*What you will do*
A complete, unaltered copy of the listing is needed. Write it out.

****************

// The stage of a SELECT without FROM.
fn answer_alone(
    alloc: Global,
    statement: &Statement,
    description: RowDescription,
    block: Block,
    built: &mut Vec<u8>,
) -> Result<MessageStage, Memory>
    requires { HasPlainNames statement.now }
    ensures goes { IfOk result (λ stage. IsScriptOf (judged_at_once description (typed [] statement.now) block) stage built.new.items) }
    ensures owed { IfOk result (λ stage. owed_at stage ≡ owed_in block) }
    ensures work { IfOk result (λ stage. work_at stage ≤ 3) }
    ensures quiet { IfOk result IsQuiet }
    ensures busy { IfOk result IsBusy }
    ensures some { IfOk result (λ stage. HasReply stage built.new.items) }
{
    match typed(alloc, statement, &[]) {
        Ok(alone) => answer_typed(alloc, alone, description, block, built),
        Err(SqlFault::State(code)) => Ok(fail(code, block)),
        Err(SqlFault::Memory) => Err(Memory),
    }
}

// The stage of a SET of the level, whose values choose this one.
fn set_level(chosen: Option<Level>, block: Block, known: &mut Known) -> MessageStage
    ensures goes { (built : List ℕ) →
        IsScriptAt (sets_level chosen block (knowledge_in known.old)) result built (knowledge_in known.new) }
    ensures known { IsSameButLevel (knowledge_in known.old) (knowledge_in known.new) }
    ensures owed { owed_at result ≡ owed_in block }
    ensures work { work_at result ≤ 3 }
    ensures quiet { IsQuiet result }
    ensures busy { IsBusy result }
    ensures constant { NoBuilt result }
{
    match chosen {
        Some(level) => {
            known.level = level;
            tell(Fixed::Set, block)
        }
        None => fail(SqlState::S0A000, block),
    }
}
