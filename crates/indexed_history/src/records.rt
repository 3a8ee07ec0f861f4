// What the records of transactions say: which have committed, and what the pending one of a session wrote.
ghost use Rattle.std.specs.Prelude.{◌≡◌, ◌↔◌, IsTrue, Contains, Any};
ghost use Rattle.cell_base.specs.declared.value.Value.{Value as CellValue};
ghost use Rattle.history_core.specs.Transactions.{IsCommitted};
ghost use Rattle.history_core.specs.Legal.{WroteItself};

use cell_base::Cell;
use history_core::{History, TxnState};
use txn_buffer::TxnBuffer;

/// Whether the transaction of the number has committed. The initial one never began, and a number that is still to begin hasn't.
pub fn has_committed(history: &History, number: u32) -> bool
    ensures { IsTrue result ↔ IsCommitted history.now.events number }
{
    if number == 0 {
        return false;
    }
    if number > history.begun() {
        return false;
    }
    is_committed(history.txn(number).state)
}

fn is_committed(state: TxnState) -> bool
    ensures { IsTrue result ↔ (state ≡ TxnState.Committed) }
{
    matches!(state, TxnState::Committed)
}

/// Whether one of the transactions has committed.
pub fn any_committed(history: &History, numbers: &[u32]) -> bool
    ensures { IsTrue result ↔ Any (λ n. IsCommitted history.now.events n) numbers.now }
{
    numbers.iter().any(|number| has_committed(history, *number))
}

/// Whether the buffer holds the cell.
fn writes_cell(buffer: &TxnBuffer, cell: &Cell) -> bool
    ensures { IsTrue result ↔ ((value : CellValue) × Contains buffer.now.writes (cell.now, value)) }
{
    match buffer.get(cell) {
        Some(_) => true,
        None => false,
    }
}

/// Whether the pending transaction of the session wrote the cell.
pub fn wrote_itself(history: &History, session: u32, cell: &Cell) -> bool
    ensures { IsTrue result ↔ WroteItself history.now.events session cell.now }
{
    let Some(number) = history.pending(session) else {
        return false;
    };
    writes_cell(&history.txn(number).buffer, cell)
}
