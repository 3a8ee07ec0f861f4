// Literals, arithmetic and comparisons.

/// Items that are one expression each.
pub(crate) const OPERATORS: &str = r"
# An integer literal is an integer up to 2147483647. A sign is an operator: PostgreSQL makes it a part of the literal, so its
# -2147483648 is an integer, and it takes 9223372036854775808 for a numeric.
SELECT 2147483647, 2147483648 => ?column?:i ?column?:l <- 2147483647:i 2147483648:l
SELECT -2147483648 => ?column?:l <- neg(2147483648:l):l
SELECT 9223372036854775808 => S22003
# Arithmetic. Results out of range are found when the statement runs.
SELECT -7 / 2, -7 % 2 => ?column?:i ?column?:i <- /(neg(7:i):i 2:i):i %(neg(7:i):i 2:i):i
SELECT 2147483647 + 1 => ?column?:i <- +(2147483647:i 1:i):i
SELECT 2147483648 + 1 => ?column?:l <- +(2147483648:l 1:i):l
SELECT n - k FROM w, t => ?column?:l <- -(0.1:i 1.0:l):l from 2 0 reads (1) () at - -
SELECT -v FROM t => ?column?:l <- neg(0.1:l):l from 0 reads (1) at -
SELECT k + 1 FROM s => S42883
SELECT 1 + true => S42883
SELECT name * 2 FROM u => S42883
SELECT -true => S42883
SELECT -name FROM u => S42883
# A quoted literal or NULL takes the other operand's type.
SELECT 1 + '2' => ?column?:i <- +(1:i 2:i):i
SELECT '2' % 2147483648 => ?column?:l <- %(2:l 2147483648:l):l
SELECT NULL * 1 => ?column?:i <- *(null:i 1:i):i
SELECT 1 + 'x' => S22P02
SELECT 1 + '2147483648' => S22003
# Without a typed operand there is no operator. PostgreSQL answers 42725, an ambiguous operator. A lone `+` gives its operand;
# PostgreSQL makes it a double precision.
SELECT '1' + '2' => S42883
SELECT NULL - NULL => S42883
SELECT '1' / NULL => S42883
SELECT -'1' => S42883
SELECT -NULL => S42883
SELECT +'1' => ?column?:t <- '1':t
# No boolean is wanted in arithmetic, so the literal isn't read as one.
SELECT true + 'x' => S42883
SELECT 'x' + name FROM u => S42883
# Operands from left to right, before their node.
SELECT nosuch + q.k FROM t => S42703
SELECT (true + 1) + nosuch FROM t => S42883
SELECT true + nosuch FROM t => S42703
# Comparisons: numbers, texts, booleans.
SELECT k >= n FROM t, w => ?column?:b <- >=(0.0:l 1.1:i):b from 0 2 reads () (1) at - -
SELECT name <> code FROM u => ?column?:b <- <>(0.1:t 0.2:v3):b from 1 reads (1,2) at -
SELECT ok < true FROM u => ?column?:b <- <(0.3:b true:b):b from 1 reads (3) at -
SELECT k = name FROM t, w => S42883
SELECT ok = 1 FROM u => S42883
SELECT ok > name FROM u => S42883
# Two literals compare as text.
SELECT 'a' <= 'b' => ?column?:b <- <=('a':t 'b':t):b
SELECT NULL = NULL => ?column?:b <- =(null:t null:t):b
SELECT '1' = NULL => ?column?:b <- =('1':t null:t):b
SELECT v = NULL FROM t => ?column?:b <- =(0.1:l null:l):b from 0 reads (1) at -
# A literal beside a varchar isn't cut.
SELECT code = 'abcdef' FROM u => ?column?:b <- =(0.2:v3 'abcdef':v3):b from 1 reads (2) at -
# PostgreSQL reads 'true' and others as booleans; here no quoted literal is one.
SELECT true = 'x' => S0A000
SELECT 'true' = ok FROM u => S0A000
# The form of an integer in quotes: blanks, a sign, digits, blanks.
SELECT 1 = '' => S22P02
SELECT 1 = ' ' => S22P02
SELECT 1 = '+' => S22P02
SELECT 1 = '- 7' => S22P02
SELECT 1 = '1.0' => S22P02
SELECT 1 = '0x1' => S22P02
SELECT 1 = '2147483648' => S22003
SELECT 1 = '-2147483649' => S22003
SELECT 2147483648 = '9223372036854775808' => S22003
SELECT 2147483648 = '-9223372036854775808' => ?column?:b <- =(2147483648:l -9223372036854775808:l):b
SELECT 1 = '99999999999999999999999' => S22003
";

****************

*Response*
// The stage of a SELECT without FROM.
fn answer_alone(
    alloc: Global,
    statement: &Statement,
    description: RowDescription,
    block: Block,
    built: &mut Vec<u8>,
) -> Result<MessageStage, Memory>
    requires { HasPlainNames statement.now }
    ensures goes { IfOk result (λ stage. IsScriptOf (judged_at_once description (typed [] statement.now) block) stage built.new.items) }
    ensures owed { IfOk result (λ stage. owed_at stage ≡ owed_in block) }
    ensures work { IfOk result (λ stage. work_at stage ≤ 3) }
    ensures quiet { IfOk result IsQuiet }
    ensures busy { IfOk result IsBusy }
    ensures some { IfOk result (λ stage. HasReply stage built.new.items) }
{
    match typed(alloc, statement, &[]) {
        Ok(alone) => answer_typed(alloc, alone, description, block, built),
        Err(SqlFault::State(code)) => Ok(fail(code, block)),
        Err(SqlFault::Memory) => Err(Memory),
    }
}

// The stage of a SET of the level, whose values choose this one.
fn set_level(chosen: Option<Level>, block: Block, known: &mut Known) -> MessageStage
    ensures goes { (built : List ℕ) →
        IsScriptAt (sets_level chosen block (knowledge_in known.old)) result built (knowledge_in known.new) }
    ensures known { IsSameButLevel (knowledge_in known.old) (knowledge_in known.new) }
    ensures owed { owed_at result ≡ owed_in block }
    ensures work { work_at result ≤ 3 }
    ensures quiet { IsQuiet result }
    ensures busy { IsBusy result }
    ensures constant { NoBuilt result }
{
    match chosen {
        Some(level) => {
            known.level = level;
            tell(Fixed::Set, block)
        }
        None => fail(SqlState::S0A000, block),
    }
}
filename crates/indexed_history/src/records.rt
repository 3a8ee07ec0f861f4
// What the records of transactions say: which have committed, and what the pending one of a session wrote.
ghost use Rattle.std.specs.Prelude.{◌≡◌, ◌↔◌, IsTrue, Contains, Any};
ghost use Rattle.cell_base.specs.declared.value.Value.{Value as CellValue};
ghost use Rattle.history_core.specs.Transactions.{IsCommitted};
ghost use Rattle.history_core.specs.Legal.{WroteItself};

use cell_base::Cell;
use history_core::{History, TxnState};
use txn_buffer::TxnBuffer;

/// Whether the transaction of the number has committed. The initial one never began, and a number that is still to begin hasn't.
pub fn has_committed(history: &History, number: u32) -> bool
    ensures { IsTrue result ↔ IsCommitted history.now.events number }
{
    if number == 0 {
        return false;
    }
    if number > history.begun() {
        return false;
    }
    is_committed(history.txn(number).state)
}

fn is_committed(state: TxnState) -> bool
    ensures { IsTrue result ↔ (state ≡ TxnState.Committed) }
{
    matches!(state, TxnState::Committed)
}

/// Whether one of the transactions has committed.
pub fn any_committed(history: &History, numbers: &[u32]) -> bool
    ensures { IsTrue result ↔ Any (λ n. IsCommitted history.now.events n) numbers.now }
{
    numbers.iter().any(|number| has_committed(history, *number))
}

/// Whether the buffer holds the cell.
fn writes_cell(buffer: &TxnBuffer, cell: &Cell) -> bool
    ensures { IsTrue result ↔ ((value : CellValue) × Contains buffer.now.writes (cell.now, value)) }
{
    match buffer.get(cell) {
        Some(_) => true,
        None => false,
    }
}

/// Whether the pending transaction of the session wrote the cell.
pub fn wrote_itself(history: &History, session: u32, cell: &Cell) -> bool
    ensures { IsTrue result ↔ WroteItself history.now.events session cell.now }
{
    let Some(number) = history.pending(session) else {
        return false;
    };
    writes_cell(&history.txn(number).buffer, cell)
}
repository 3a8ee07ec0f861f4
// Literals, arithmetic and comparisons.

/// Items that are one expression each.
pub(crate) const OPERATORS: &str = r"
# An integer literal is an integer up to 2147483647. A sign is an operator: PostgreSQL makes it a part of the literal, so its
# -2147483648 is an integer, and it takes 9223372036854775808 for a numeric.
SELECT 2147483647, 2147483648 => ?column?:i ?column?:l <- 2147483647:i 2147483648:l
SELECT -2147483648 => ?column?:l <- neg(2147483648:l):l
SELECT 9223372036854775808 => S22003
# Arithmetic. Results out of range are found when the statement runs.
SELECT -7 / 2, -7 % 2 => ?column?:i ?column?:i <- /(neg(7:i):i 2:i):i %(neg(7:i):i 2:i):i
SELECT 2147483647 + 1 => ?column?:i <- +(2147483647:i 1:i):i
SELECT 2147483648 + 1 => ?column?:l <- +(2147483648:l 1:i):l
SELECT n - k FROM w, t => ?column?:l <- -(0.1:i 1.0:l):l from 2 0 reads (1) () at - -
SELECT -v FROM t => ?column?:l <- neg(0.1:l):l from 0 reads (1) at -
SELECT k + 1 FROM s => S42883
SELECT 1 + true => S42883
SELECT name * 2 FROM u => S42883
SELECT -true => S42883
SELECT -name FROM u => S42883
# A quoted literal or NULL takes the other operand's type.
SELECT 1 + '2' => ?column?:i <- +(1:i 2:i):i
SELECT '2' % 2147483648 => ?column?:l <- %(2:l 2147483648:l):l
SELECT NULL * 1 => ?column?:i <- *(null:i 1:i):i
SELECT 1 + 'x' => S22P02
SELECT 1 + '2147483648' => S22003
# Without a typed operand there is no operator. PostgreSQL answers 42725, an ambiguous operator. A lone `+` gives its operand;
# PostgreSQL makes it a double precision.
SELECT '1' + '2' => S42883
SELECT NULL - NULL => S42883
SELECT '1' / NULL => S42883
SELECT -'1' => S42883
SELECT -NULL => S42883
SELECT +'1' => ?column?:t <- '1':t
# No boolean is wanted in arithmetic, so the literal isn't read as one.
SELECT true + 'x' => S42883
SELECT 'x' + name FROM u => S42883
# Operands from left to right, before their node.
SELECT nosuch + q.k FROM t => S42703
SELECT (true + 1) + nosuch FROM t => S42883
SELECT true + nosuch FROM t => S42703
# Comparisons: numbers, texts, booleans.
SELECT k >= n FROM t, w => ?column?:b <- >=(0.0:l 1.1:i):b from 0 2 reads () (1) at - -
SELECT name <> code FROM u => ?column?:b <- <>(0.1:t 0.2:v3):b from 1 reads (1,2) at -
SELECT ok < true FROM u => ?column?:b <- <(0.3:b true:b):b from 1 reads (3) at -
SELECT k = name FROM t, w => S42883
SELECT ok = 1 FROM u => S42883
SELECT ok > name FROM u => S42883
# Two literals compare as text.
SELECT 'a' <= 'b' => ?column?:b <- <=('a':t 'b':t):b
SELECT NULL = NULL => ?column?:b <- =(null:t null:t):b
SELECT '1' = NULL => ?column?:b <- =('1':t null:t):b
SELECT v = NULL FROM t => ?column?:b <- =(0.1:l null:l):b from 0 reads (1) at -
# A literal beside a varchar isn't cut.
SELECT code = 'abcdef' FROM u => ?column?:b <- =(0.2:v3 'abcdef':v3):b from 1 reads (2) at -
# PostgreSQL reads 'true' and others as booleans; here no quoted literal is one.
SELECT true = 'x' => S0A000
SELECT 'true' = ok FROM u => S0A000
# The form of an integer in quotes: blanks, a sign, digits, blanks.
SELECT 1 = '' => S22P02
SELECT 1 = ' ' => S22P02
SELECT 1 = '+' => S22P02
SELECT 1 = '- 7' => S22P02
SELECT 1 = '1.0' => S22P02
SELECT 1 = '0x1' => S22P02
SELECT 1 = '2147483648' => S22003
SELECT 1 = '-2147483649' => S22003
SELECT 2147483648 = '9223372036854775808' => S22003
SELECT 2147483648 = '-9223372036854775808' => ?column?:b <- =(2147483648:l -9223372036854775808:l):b
SELECT 1 = '99999999999999999999999' => S22003
";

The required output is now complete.